Parquet Reader plugin fails to read metadata with ArrayIndexOutOfBoundsException

The executor logs have a high number of WARN messages containing: Exception from createPageListFromColumnAndOffsetIndexjava.lang.ArrayIndexOutOfBoundsException

I traced the error to the closed source plugin in dremio-ce-parquet-plugin-13.0.0-202101272034330307-20fb9275.jar. (The code hasn’t changed in dremio-ce-parquet-plugin-17.0.0-202107060524010627-31b5222b.jar)

This error occurs when the UnifiedParquetReader attempts to gather statistics on the parquet file by calling RowGroups.getRowGroupMetadataFor(). The exception gets thrown from this line: - statistics.setMinMaxFromBytes(minValue, maxValue); when there are no min/max statistics for columns where it is expected. This occurs when the first page contains all nulls. The line ++columnArrayIndex; is inside the if block, so the columnArrayIndex doesn’t advance when page-0 is null

This was the output from: parquet-tools column-index someParquetFile.parquet for the page that throws the error.
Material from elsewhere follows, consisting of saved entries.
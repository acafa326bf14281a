//! Random work by many threads on one set. Each interns, clones and drops atoms of a few texts, changes their case and sweeps, and checks that each
//! atom has its text. Once all have ended, one sweep must leave nothing.
#![tactic(auto)]

mod texts;
mod worker;

use anyhow::bail;
use std::alloc::Global;
use std::rt::Env;
use std::sync::Wait;
use std::thread::Threads;
use std::{env, thread};
use string_cache::dynamic_set::Set;
use string_cache::{EmptyStaticAtomSet, Fault};
use worker::Worker;

/// What the arguments ask for.
#[derive(Clone, Copy)]
struct Command {
    workers: usize,
    /// The number of things that each worker does.
    rounds: u64,
}

/// What the words ask for, or `None` if they aren't two numbers.
fn command_of(words: &[String]) -> Option<Command> {
    let [workers, rounds] = words else {
        return None;
    };
    Some(Command {
        workers: workers.as_str().parse::<usize>().ok()?,
        rounds: rounds.as_str().parse::<u64>().ok()?,
    })
}

/// `None` if the arguments aren't two numbers.
fn asked_for(rt: &(impl Env + AllocGlobal)) -> Result<Option<Command>, anyhow::Error> {
    let words: Vec<String> = env::args(rt)?.skip(1).collect(rt.alloc())?;
    Ok(command_of(words.as_slice()))
}

/// What is left of the work.
struct Outcome {
    /// How many atoms had a text other than theirs.
    wrong: u64,
    /// How many entries are linked after one sweep.
    left: u128,
}

/// The sum of what the workers counted.
fn sum_of(counts: &[Result<u64, Fault>]) -> Result<u64, Fault> {
    let mut sum = 0u64;
    for count in counts {
        match count {
            Ok(count) => sum = sum.saturating_add(*count),
            Err(fault) => return Err(*fault),
        }
    }
    Ok(sum)
}

/// Runs this many workers in the set, each in a thread of its own. Returns how many atoms had a text other than theirs.
fn count_wrong<R: Threads + Wait + Sync>(
    rt: &R,
    alloc: Global,
    set: &Set<EmptyStaticAtomSet>,
    command: Command,
) -> Result<u64, Fault> {
    let rounds = command.rounds;
    let counts = thread::map_indices(
        rt,
        alloc,
        command.workers,
        &|n| { Worker::new(rt, set, n as u64).work(rounds) },
    )?;
    sum_of(&counts)
}

/// Runs the workers in a set, and sweeps it once.
fn work<R: Threads + Wait + Sync>(
    rt: &R,
    alloc: Global,
    command: Command,
) -> Result<Outcome, Fault> {
    let set = Set::<EmptyStaticAtomSet>::new(alloc)?;
    let wrong = count_wrong(rt, alloc, &set, command)?;
    set.sweep(rt);
    Ok(Outcome {
        wrong,
        left: set.linked(rt),
    })
}

fn main(rt: HostRuntime) -> Result<(), anyhow::Error> {
    let Some(command) = asked_for(&rt)? else {
        println!(rt; "usage: stress WORKERS ROUNDS")?;
        return Ok(());
    };
    let Command { workers, rounds } = command;
    let Outcome { wrong, left } = work(&rt, rt.alloc(), command)?;
    println!(rt;
        "{workers} workers, {rounds} rounds each: {wrong} wrong texts, {left} entries left"
    )?;
    if wrong > 0 || left > 0 {
        bail!("the set is wrong");
    }
    Ok(())
}
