//! The few texts that all workers intern.

/// The case of a text.
#[derive(Clone, Copy)]
pub enum Case {
    Lower,
    Upper,
}

/// A text in both cases.
#[derive(Clone, Copy)]
pub struct Text {
    lower: &'static str,
    upper: &'static str,
}

impl Text {
    pub fn in_case(&self, case: Case) -> &'static str {
        match case {
            Case::Lower => self.lower,
            Case::Upper => self.upper,
        }
    }
}

/// Of these, two have the same bucket, two are in the first and the last bucket, one is inline, and one is too long to be put into the other case
/// without an owned text. (By SipHash the buckets of "forgotten" and "magnitude" are 0x72f, of "afterwards" 0, of "geometric" 0xfff.)
pub static TEXTS: [Text; 8] = [
    Text {
        lower: "interned",
        upper: "INTERNED",
    },
    Text {
        lower: "tokenised",
        upper: "TOKENISED",
    },
    Text {
        lower: "forgotten",
        upper: "FORGOTTEN",
    },
    Text {
        lower: "magnitude",
        upper: "MAGNITUDE",
    },
    Text {
        lower: "afterwards",
        upper: "AFTERWARDS",
    },
    Text {
        lower: "geometric",
        upper: "GEOMETRIC",
    },
    Text {
        lower: "foo",
        upper: "FOO",
    },
    Text {
        lower: "a text of more than sixty-four bytes, of which the other case is an owned text",
        upper: "A TEXT OF MORE THAN SIXTY-FOUR BYTES, OF WHICH THE OTHER CASE IS AN OWNED TEXT",
    },
];
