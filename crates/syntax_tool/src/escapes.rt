//! The escapes in the text of a token.
ghost use Rattle.std.specs.Prelude.{◌≡◌, ◌++◌, Some, None, Err, string_bytes, OnOk, IfErr, ◌⊎◌};
ghost use Rattle.syntax_tool.specs.Escapes.{escape_of, unescaped};

use crate::refusal::Refusal;

// What the letter after a backslash stands for.
fn escape_of(letter: u8) -> Option<char>
    ensures { result ≡ escape_of letter }
{
    match letter {
        b'n' => Some('\n'),
        b'r' => Some('\r'),
        b't' => Some('\t'),
        b'\\' => Some('\\'),
        _ => None,
    }
}

// Puts the text that is meant into `out`, in place of what it held.
pub(crate) fn unescape(out: &mut String, raw: &str) -> Result<(), Refusal>
    ensures ok { OnOk result (unescaped raw.now ≡ Some (string_bytes out.new)) }
    ensures err { IfErr result
        (λ e. (e ≡ Refusal.Memory) ⊎ ((e ≡ Refusal.BadLine) × (unescaped raw.now ≡ None))) }
{
    out.clear();
    let mut rest = raw;
    while let Some((plain, after)) = rest.split_once('\\') {
        out.push_str(plain)?;
        let Some(letter) = after.as_bytes().first() else {
            return Err(Refusal::BadLine);
        };
        let Some(c) = escape_of(*letter) else {
            return Err(Refusal::BadLine);
        };
        out.push(c)?;
        rest = &after[1..];
    }
    out.push_str(rest)?;
    Ok(())
}
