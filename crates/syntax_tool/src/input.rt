//! Reading the whole input.
ghost use Rattle.std.specs.Prelude.{◌≡◌, ◌⊎◌, IfOk, IfErr, IfSome};

use crate::refusal::Refusal;
use std::alloc::Global;
use std::io::Read;

// How many bytes one read requests.
const CHUNK: usize = 65536;

// Reads up to the reader's end. Every error of the reader counts, and so does a reader that is not
// at its end after `u64::MAX` reads.
pub(crate) fn read_all<R: Read>(alloc: Global, reader: &mut R) -> Result<Vec<u8>, Refusal>
    ensures ok { IfOk result (λ bytes. IfSome (R.remaining reader.old) (λ xs. bytes.items ≡ xs)) }
    ensures err { IfErr result (λ e. (e ≡ Refusal.Read) ⊎ (e ≡ Refusal.Memory)) }
{
    let mut bytes = Vec::new(alloc);
    let mut chunk = [0u8; CHUNK];
    for _turn in 0..u64::MAX {
        match reader.read(&mut chunk) {
            Ok(0) => return Ok(bytes),
            Ok(count) => bytes.extend_from_slice(&chunk[..count])?,
            Err(_) => return Err(Refusal::Read),
        }
    }
    Err(Refusal::Read)
}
column index for column someColumn:
Boudary order: ASCENDING
null count min max
page-0 20000
page-1 19589 1.0 200.0
page-2 8916 1.0 200.0

1 Like

@nnikitas Does this parquet file have sensitive data, would you be able to share, if not, any chance you can generate one with dummy data that has the first page as nulls with no min/max values, will be useful to debug the issue

Our parquet file does have sensitive data, so I can’t share it.

Earlier today, we did determine that the bug leads to a correctness issue. We were able to work around it by disabling “store.parquet.read_column_indexes”. Or, if left enabled, a query against the column with “AND someColumnName = 'someValueThatShouldBeFound” returns no values while the equivalent AND someColumnName LIKE ‘someValueThatShouldBeFound’ returns rows.